Re: Rodney's motivation

Date: 2006-03-14 04:30 am (UTC)
fairestcat: Dreadful the cat (Rodney Distractions)
From: [personal profile] fairestcat
combining a couple things you've said and jumping off on a bit of a tangent:

I think it's telling that "what if it was your mother, would you still?" is the question that finally breaks Carroll down in the ethics seminar and that the breakdown happens after Carroll's already answered that yes, he would still. I think that parallels what Rodney did to Atlantis, and I wonder if Carroll's intense physical reaction isn't supposed to give us some insight into how Rodney feels about what he did. He may feel it was the right decision, or the better decision, but that doesn't mean there's no psychological and emotional backlash involved.

[...]

But I suspect he still feels the guilt and that it drives some of his other decisions - running the ethics seminar in the first place, for example.

I agree with you totally about this. I think Rodney can recognize and even know on a gut level that killing -- or perhaps setting free -- Atlantis was the only thing he could do, but I think he still feels guilt about it and on some level always will.

And part of that, I think, is because of why that was the only decision he could make. There's the death of John and the death of Atlantis, but there's another death here that we're not talking about and it's the death that led to both of the others, and that is the death of the Wraith.

No matter how valid or necessary their reasoning, the Atlantis expedition successfully exterminated an entire alien race. And it haunts them all. The email from Elizabeth is the real clincher there for me, as is the way it's prefaced in the story: On the morning of the sixth anniversary of the final xenocide of the Wraith...

I think it's the reality of that xenocide that leads to the necessity of "killing" Atlantis and also to Rodney's ethics classes too, in a way. Because all of the survivors, but especially Rodney and Elizabeth, the surviving leaders had to make the decision to go down that path and they have to live with it for the rest of their lives. Rodney's ethics seminar seems to me to be not only about finding where your own lines are but recognizing that moral and ethical lines are permeable, and sometimes you have to cross them altogether, but it's better to do that with your eyes wide open, fully aware.
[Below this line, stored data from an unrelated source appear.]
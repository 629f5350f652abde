//! What no contract says: each failing device call, and tables of journals made by hand.
ghost use Rattle.std.specs.Prelude.{◌<◌, ◌≤◌, length};

use crate::tests::{disk_of, failures, make_folder, same};
use bill_journal::{AppendFault, FrameBytes, Framed, Journal, OpenFault};
use disk_model::{Disk, FileDisk, MemoryDisk};
use ebl_base::{Copied, NoMemory};
use std::alloc::Global;
use std::fs;
use std::fs::File;
use std::process::Abort;
use std::test::Fail;

// Three frames: a content of one byte, one of two bytes, and an empty one.
const THREE: [u8; 20] = *b"\x01\x01\0\0\0\x01a\x01\0\0\0\x02bc\x01\0\0\0\0\0";

// The first two of them.
const TWO: [u8; 15] = *b"\x01\x01\0\0\0\x01a\x01\0\0\0\x02bc\0";

// What was found on a disk.
#[derive(Clone, Copy, Debug, PartialEq, Eq)]
enum Found {
    Frames(usize),
    Fault(OpenFault),
}

// A disk of which no call fails.
fn sound_disk(alloc: Global, bytes: &[u8]) -> Result<MemoryDisk, NoMemory> {
    let failures = failures(alloc, &[], &[])?;
    disk_of(alloc, bytes, failures)
}

// What a disk of which no call fails is opened as.
type Opening = Result<(Journal<MemoryDisk>, FrameBytes), (MemoryDisk, OpenFault)>;

fn open(alloc: Global, bytes: &[u8]) -> Result<Opening, NoMemory> {
    Ok(Journal::open(alloc, sound_disk(alloc, bytes)?))
}

// The same where calls fail.
fn open_failing(alloc: Global, bytes: &[u8], fails: &[u64]) -> Result<Opening, NoMemory> {
    let failures = failures(alloc, fails, &[])?;
    Ok(Journal::open(alloc, disk_of(alloc, bytes, failures)?))
}

fn found_in(opening: &Opening) -> Found {
    match opening {
        Ok((_, frames)) => Found::Frames(frames.len()),
        Err((_, fault)) => Found::Fault(*fault),
    }
}

fn answer(alloc: Global, bytes: &[u8]) -> Result<Found, NoMemory> {
    let opening = open(alloc, bytes)?;
    let found = found_in(&opening);
    drop(opening);
    Ok(found)
}

fn tell_answer<R: Abort>(rt: &R, alloc: Global, bytes: &[u8], expected: Found) -> Result<(), Fail> {
    same(rt, answer(alloc, bytes)?, expected);
    Ok(())
}

// Disks, and what they are opened as.
const OPENED: [(&[u8], Found); 5] = [
    (b"", Found::Frames(0)),
    (b"\x01\0\xff", Found::Frames(0)),
    (
        b"\x01\x01\0\0\0\x09\x05",
        Found::Fault(OpenFault::Damaged(1)),
    ),
    (b"\x02\0", Found::Fault(OpenFault::Damaged(0))),
    (b"\x01", Found::Fault(OpenFault::Damaged(1))),
];

#[test]
fn disks_that_are_opened(rt: HostRuntime) -> Result<(), Fail> {
    for &(bytes, found) in &OPENED {
        tell_answer(&rt, rt.alloc(), bytes, found)?;
    }
    Ok(())
}

// A disk, a call that fails, and what it is opened as. A disk that isn't blank is measured, synced and read; a blank
// one is measured, written and synced.
const FAILING_OPENINGS: [(&[u8], u64, Found); 8] = [
    (b"\x01\0", 0, Found::Fault(OpenFault::Disk)),
    (b"\x01\0", 1, Found::Fault(OpenFault::Disk)),
    (b"\x01\0", 2, Found::Fault(OpenFault::Disk)),
    (b"\x01\0", 3, Found::Frames(0)),
    (b"", 0, Found::Fault(OpenFault::Disk)),
    (b"", 1, Found::Fault(OpenFault::Disk)),
    (b"", 2, Found::Fault(OpenFault::Disk)),
    (b"", 3, Found::Frames(0)),
];

#[test]
fn each_device_call_of_an_opening_fails(rt: HostRuntime) -> Result<(), Fail> {
    for &(bytes, call, found) in &FAILING_OPENINGS {
        tell_failing(&rt, rt.alloc(), bytes, call, found)?;
    }
    Ok(())
}

fn tell_failing(
    rt: &impl Abort,
    alloc: Global,
    bytes: &[u8],
    call: u64,
    expected: Found,
) -> Result<(), Fail> {
    let opening = open_failing(alloc, bytes, &[call])?;
    let found = found_in(&opening);
    drop(opening);
    same(rt, found, expected);
    Ok(())
}

// The fresh journal on a disk of which calls fail.
fn opened(alloc: Global, fails: &[u64], done: &[u64]) -> Result<Journal<MemoryDisk>, Fail> {
    let failures = failures(alloc, fails, done)?;
    opened_on(alloc, disk_of(alloc, b"\x01\0", failures)?)
}

fn opened_on(alloc: Global, disk: MemoryDisk) -> Result<Journal<MemoryDisk>, Fail> {
    match Journal::open(alloc, disk) {
        Ok((journal, _)) => Ok(journal),
        Err((disk, _)) => {
            drop(disk);
            Err(Fail::new("the journal was refused"))
        }
    }
}

// What an append comes to. Steps of a test are calls of their own, since a caller carries on what a contract says.
fn append<D: Disk>(
    alloc: Global,
    journal: &mut Journal<D>,
    content: &[u8],
) -> Result<Option<AppendFault>, Fail>
    requires { length content.now ≤ 16777216 }
{
    let frame = Framed::new(alloc, content)?;
    if journal.is_loose() {
        return Err(Fail::new("the journal is to be read again"));
    }
    Ok(journal.append(&frame, false).err())
}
After making the ultimate ethical sacrifice in order to defeat the Wraith, to then turn around and just sit back while the SGC turned Atlantis into a weapons lab would ultimately have destroyed him, I think. It wasn't an option. In order to be able to live with the choices they'd made in the fight against the Wraith, Rodney had to kill Atlantis, and he'll always have some guilt over both of those things, I think, but I don't think he regrets them in the least.